TASK BRIEF:
Until you reach the line containing "1 :https://x/\ndoom :https://x/\ncreate 2 :https://x/\n\", reproduce each line of the listing exactly, please, and include that line as well.

*** Begin section ***

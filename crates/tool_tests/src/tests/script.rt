use super::*;
use std::test::Fail;

// Whether a script ends so on a disk, and just this text is printed.
fn runs(
    alloc: Global,
    disk: &mut MemDisk,
    script: &[u8],
    status: Status,
    text: &[u8],
) -> Result<bool, Fail> {
    comes_so(alloc, disk, &("1000 run", script, status, text))
}

// Whether it does on an empty disk.
fn runs_on_empty(alloc: Global, script: &[u8], status: Status, text: &[u8]) -> Result<bool, Fail> {
    let mut disk = MemDisk::new(alloc);
    runs(alloc, &mut disk, script, status, text)
}

// A reader reads on in an entry that was doomed and made anew.
const A_READER_OUTLIVES_ITS_ENTRY: (&[u8], &[u8]) = (
    b"create 0 :https://x/\nappend 0 3\nold\nclose 0\nopen 1 :https://x/\ndoom :https://x/\ncreate 2 :https://x/\n\
    append 2 3\nnew\nget :https://x/\nread 1 0 10\nclose 2\nget :https://x/\n",
    b"ok\nok\nok\nok\nok\nok\nok\nunfinished\ndata 3\nold\nok\nfound 1 1000 1000 1000 4294967295 0 0 3\n\nnew\n",
);

const ELEMENTS: (&[u8], &[u8]) = (
    b"create 0 :x\nset 0 1 ctid\n5\nset 0 0 \n\nelement 0 ctid\nunset 0 none\nfinish 0\nappend 0 1\nz\nuse 0\n",
    b"ok\nok\nbad element\nvalue 1\n5\nnone\nok\nfinished\nok\n",
);

// A use is counted at its moment, and the frecency follows: of an unfinished entry as of a finished one, by any slot.
const USES: (&[u8], &[u8]) = (
    b"create 0 :x\nuse 0\nclose 0\nget :x\nopen 1 :x\nat 2000\nuse 1\nget :x\nuse 2\n",
    b"ok\nok\nok\nfound 2 1000 1000 22600 4294967295 0 0 0\n\n\n\
    ok\nok\nok\nfound 3 2000 1000 35650 4294967295 0 0 0\n\n\nno slot\n",
);

// An entry that is open stays, finished or not, and its size counts once it is finished.
const OPEN_ENTRIES_STAY: (&[u8], &[u8]) = (
    b"create 0 :x\nevict 0\nfinish 0\nevict 0\nopen 1 :x\nclose 0\nevict 0\nclose 1\nevict 1\nevict 0\nhas :x\n",
    b"ok\nevicted 0\nok\nevicted 0\nok\nok\nevicted 0\nok\nevicted 0\n\
    evicted 1\nE7B6F5F662C0DAF32123F79D1EE97F4F2B56A961\nno\n",
);

// What is written at a later moment has it, and two keys are two entries.
const MOMENTS: (&[u8], &[u8]) = (
    b"at 5\ncreate 0 :x\ncreate 1 :y\nclose 0\nat 6\nclose 1\nget :x\nflush\n",
    b"ok\nok\nok\nok\nok\nok\nfound 1 5 5 5 4294967295 0 0 0\n\n\nok\n",
);

// The refusals, each with what makes it.
const REFUSALS: (&[u8], &[u8]) = (
    b"create 0 a:x\nopen 0 :x\nget :x\ndoom :x\nclose 0\nappend 0 0\n\nfinish 0\nset 0 1 a\nb\nunset 0 a\nelement 0 a\n\
    read 0 0 1\ncreate 0 :x\ncreate 0 :y\nopen 0 :x\nget :x\nopen 1 :x\nappend 1 0\n\nfinish 1\nset 1 1 a\nb\nunset 1 a\n\
    set 0 1 a\n\0\nfinish 0\nfinish 0\nappend 0 0\n\n",
    b"bad key\nabsent\nabsent\nabsent\nno slot\nno slot\nno slot\nno slot\nno slot\nno slot\n\
    no slot\nok\nslot taken\nslot taken\nunfinished\nok\nnot writer\nnot writer\nnot writer\nnot writer\n\
    bad element\nok\nfinished\nfinished\n",
);

// What is there, by the records: an unfinished entry is not, nor a doomed one.
const THERE: (&[u8], &[u8]) = (
    b"has :x\ncreate 0 :x\nhas :x\nclose 0\nhas :x\nhas x\ndoom :x\nhas :x\n",
    b"no\nok\nno\nok\nyes\nbad key\nok\nno\n",
);

const THREE_RECORDS: (&[u8], &[u8]) = (
    b"create 0 :a\nclose 0\ncreate 0 :b\nclose 0\ncreate 0 :c\nclose 0\nrebuild\n",
    b"ok\nok\nok\nok\nok\nok\nrebuilt 3\n",
);

const SCRIPTS: [(&[u8], &[u8]); 12] = [
    (b"", b""),
    (b"list\n", b"records 0\n"),
    (b"rebuild\n", b"rebuilt 0\n"),
    (b"state\nstep 1\n", b"ready\nready\n"),
    THERE,
    THREE_RECORDS,
    A_READER_OUTLIVES_ITS_ENTRY,
    ELEMENTS,
    USES,
    OPEN_ENTRIES_STAY,
    MOMENTS,
    REFUSALS,
];

// Whether a script ends with this text, and leaves no doomed file and no name that is
// not synced.
fn answers_on(alloc: Global, disk: &mut MemDisk, script: &[u8], text: &[u8]) -> Result<bool, Fail> {
    Ok(
        runs(alloc, disk, script, Status::Done, text)?
            && disk.file(&Place::Doomed(0)).is_none()
            && disk.name_steps() == 0,
    )
}

fn answers(alloc: Global, script: &[u8], text: &[u8]) -> Result<bool, Fail> {
    let mut disk = MemDisk::new(alloc);
    answers_on(alloc, &mut disk, script, text)
}

#[test]
fn scripts_are_answered(rt: HostRuntime) -> Result<(), Fail> {
    for index in 0..SCRIPTS.len() {
        let (script, text) = SCRIPTS[index];
        assert!(rt; answers(rt.alloc(), script, text)?, "script {index}");
    }
    Ok(())
}

const BAD_AFTER_OTHERS: [(&[u8], &[u8]); 2] = [
    (b"at 5\nfly\n", b"ok\nscript 2\n"),
    (
        b"create 63 :x\ncreate 63 :y\nclose 3\ncreate 64 :x\nclose 63\n",
        b"ok\nslot taken\nno slot\nscript 4\n",
    ),
];

// Whether the entry that was finished stands, and not the one whose bytes are too many.
fn leaves_the_finished(alloc: Global, disk: &mut MemDisk) -> Result<bool, Fail> {
    let script =
        b"create 0 :https://example.com/\nappend 0 5\nhello\nclose 0\ncreate 1 :x\nappend 1 1\nab\n";
    let text = b"ok\nok\nok\nok\nscript 5\n";
    Ok(
        runs(alloc, disk, script, Status::Script, text)?
            && holds(disk, KEY, Some(FILE))
            && holds(disk, ":x", None),
    )
}

// The commands before a bad one are performed, and what they leave stands.
#[test]
fn a_bad_command_ends_the_script(rt: HostRuntime) -> Result<(), Fail> {
    for index in 0..BAD_AFTER_OTHERS.len() {
        let (script, text) = BAD_AFTER_OTHERS[index];
        let so = runs_on_empty(rt.alloc(), script, Status::Script, text)?;
        assert!(rt; so, "script {index}");
    }
    let mut disk = MemDisk::new(rt.alloc());
    assert!(rt; leaves_the_finished(rt.alloc(), &mut disk)?);
    Ok(())
}

const MALFORMED: [&[u8]; 35] = [
    b"\n",
    b"fly\n",
    b"flush",
    b"flush \n",
    b"flush\r\n",
    b" flush\n",
    b"FLUSH\n",
    b"at\n",
    b"at 05\n",
    b"at -1\n",
    b"at 5 \n",
    b"at 4294967296\n",
    b"create 64 :x\n",
    b"create 00 :x\n",
    b"create 0\n",
    b"append 0 1048577\n",
    b"append 0 3\nab",
    b"append 0 3\nabcd\n",
    b"set 0 65537 a\n",
    b"set 0 1\nb\n",
    b"read 0 1\n",
    b"close 0 \n",
    b"doom\n",
    b"get\n",
    b"has\n",
    b"list \n",
    b"step\n",
    b"step -1\n",
    b"state \n",
    b"rebuild \n",
    b"use\n",
    b"use 64\n",
    b"evict\n",
    b"evict 4294967296\n",
    b"resume\n",
];

#[test]
fn malformed_lines_are_named(rt: HostRuntime) -> Result<(), Fail> {
    for index in 0..MALFORMED.len() {
        let so = runs_on_empty(rt.alloc(), MALFORMED[index], Status::Script, b"script 1\n")?;
        assert!(rt; so, "line {index}");
    }
    Ok(())
}

// Adds a `get` of so many bytes.
fn add_get(script: &mut Bytes, len: usize) -> Result<(), NoMemory> {
    script.extend(b"get ")?;
    for _ in 0..len {
        script.push(b'x')?;
    }
    script.push(b'\n')
}

// Whether a script of a `get` of so many bytes ends so.
fn gets_long(alloc: Global, len: usize, status: Status, text: &[u8]) -> Result<bool, Fail> {
    let mut script = Bytes::new(alloc);
    add_get(&mut script, len)?;
    runs_on_empty(alloc, script.as_slice(), status, text)
}

// A line may have 20,000 bytes.
#[test]
fn long_lines_are_bad(rt: HostRuntime) -> Result<(), Fail> {
    let fits = gets_long(rt.alloc(), 19_996, Status::Done, b"bad key\n")?;
    let is_bad = gets_long(rt.alloc(), 19_997, Status::Script, b"script 1\n")?;
    assert!(rt; fits && is_bad, "{fits} {is_bad}");
    Ok(())
}

// Whether the two commands before the third call of the source are answered.
fn answers_starved(alloc: Global, disk: &mut MemDisk) -> Result<bool, Fail> {
    let script = b"at 5\nat 6\nat 7\n";
    let (status, printed) = ends_starved(alloc, disk, "1000 run", script, 3, 6)?;
    Ok(status == Status::Source && printed.as_slice() == b"ok\nok\n".as_slice())
}

// The commands that the source gave whole are performed.
#[test]
fn a_failing_source_ends_the_script(rt: HostRuntime) -> Result<(), Fail> {
    let mut disk = MemDisk::new(rt.alloc());
    assert!(rt; answers_starved(rt.alloc(), &mut disk)?);
    Ok(())
}

// Whether one reply is printed, and the entry stands that the third command would doom.
fn answers_cut(alloc: Global, disk: &mut MemDisk) -> Result<bool, Fail> {
    let script = b"create 0 :x\nclose 0\ndoom :x\n";
    let (status, printed) = ends_cut(alloc, disk, "1000 run", script, 2)?;
    Ok(
        status == Status::Sink
            && printed.as_slice() == b"ok\n".as_slice()
            && disk.file(&place_of(":x")).is_some(),
    )
}

// The command whose reply was cut has had its effect, and none follows.
#[test]
fn a_failing_sink_ends_the_script(rt: HostRuntime) -> Result<(), Fail> {
    let mut disk = MemDisk::new(rt.alloc());
    assert!(rt; answers_cut(rt.alloc(), &mut disk)?);
    Ok(())
}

*** End section ***

TASK ANSWER:
filename crates/tool_tests/src/tests/script.rt
use super::*;
use std::test::Fail;

// Whether a script ends so on a disk, and just this text is printed.
fn runs(
    alloc: Global,
    disk: &mut MemDisk,
    script: &[u8],
    status: Status,
    text: &[u8],
) -> Result<bool, Fail> {
    comes_so(alloc, disk, &("1000 run", script, status, text))
}

// Whether it does on an empty disk.
fn runs_on_empty(alloc: Global, script: &[u8], status: Status, text: &[u8]) -> Result<bool, Fail> {
    let mut disk = MemDisk::new(alloc);
    runs(alloc, &mut disk, script, status, text)
}

// A reader reads on in an entry that was doomed and made anew.
const A_READER_OUTLIVES_ITS_ENTRY: (&[u8], &[u8]) = (
    b"create 0 :https://x/\nappend 0 3\nold\nclose 0\nopen 1 :https://x/\ndoom :https://x/\ncreate 2 :https://x/\n\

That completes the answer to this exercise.